The raw 2020 Census file counted 3,250 people with the surname Prejean. That is different from the site's living-bearer estimate (3,727), which projects the surname's present-day count by applying the Census frequency rate to the current U.S. population.
It is the Census Bureau's normalized frequency measure. A rate of 1.09 per 100,000 means that if you picked a random group of 100,000 U.S. residents, you would expect about 1 of them to have the surname Prejean.
Between 2010 and 2020, the surname Prejean went from 3,294 recorded bearers to 3,250. That is a decrease of 44 (-1.3%).
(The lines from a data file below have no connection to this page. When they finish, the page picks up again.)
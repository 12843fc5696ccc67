//! Laws that speak of calls of `Table::step`, and rows that are computed from the definitions of a step. No other crate depends on this one.
#![tactic(auto)]

mod calls;
pub mod laws;

pub use calls::carry_out;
In the national ranking it rose from #9,830 to #9,566.
Among Census respondents with the surname Prejean, the largest self-reported group is White at 66.3%. The next largest groups are Black (27.4%) and Two or More Races (3.1%). These figures come from the 2020 Census Bureau surname tables, based on how respondents described their own race and ethnicity.
White is the largest self-reported group for the surname Prejean in the 2020 Census, accounting for 66.3% (2,154 people in the source table).
Prejean appears across multiple self-reported groups in the Census data. The largest shares in the 2020 file are White (66.3%), Black (27.4%), Two or More Races (3.1%). For 2020, the source file also published raw headcounts for each group, which is why this page can show both percentages and counts in the ancestry section.
Yes. This page is using the latest surname file currently loaded on Name Census, which is 2020. The historical section above also keeps any older Census surname entries we have for Prejean (2000, 2010, 2020).
No. The Census Bureau only publishes surnames that appeared at least 100 times in a given decennial Census. That means very rare surnames are excluded entirely, and a surname can appear in one Census release but disappear from a later one if it falls below the reporting threshold.
There are two main reasons: rounding and suppression. The Census Bureau rounds published values, and it may suppress very small cells to protect privacy. For 2020, the Bureau also published raw group counts rather than direct percentages, so Name Census converts those counts back into shares for comparability across census years.
A French occupational surname referring to a tender of prisoners or jailer. The fuller origin note on this page goes into more detail.
All surname statistics on Name Census are drawn from the US Census Bureau's decennial surname frequency tables. These files list every surname that appeared 100 or more times in the 2020 Census, along with a count, a per-100,000 rate, and a self-reported demographic breakdown. You can read the full explanation on our methodology page.
For surnames, Name Census does not age cohorts the way it does for first names. Instead, it takes the Census Bureau's published frequency for Prejean (1.09 per 100,000) and applies that rate to the current U.S. resident population to estimate how many living Americans have the surname today.
If you just want to know how many people have the last name Prejean, HowManyOfMe.org gives you the headline number in one glance.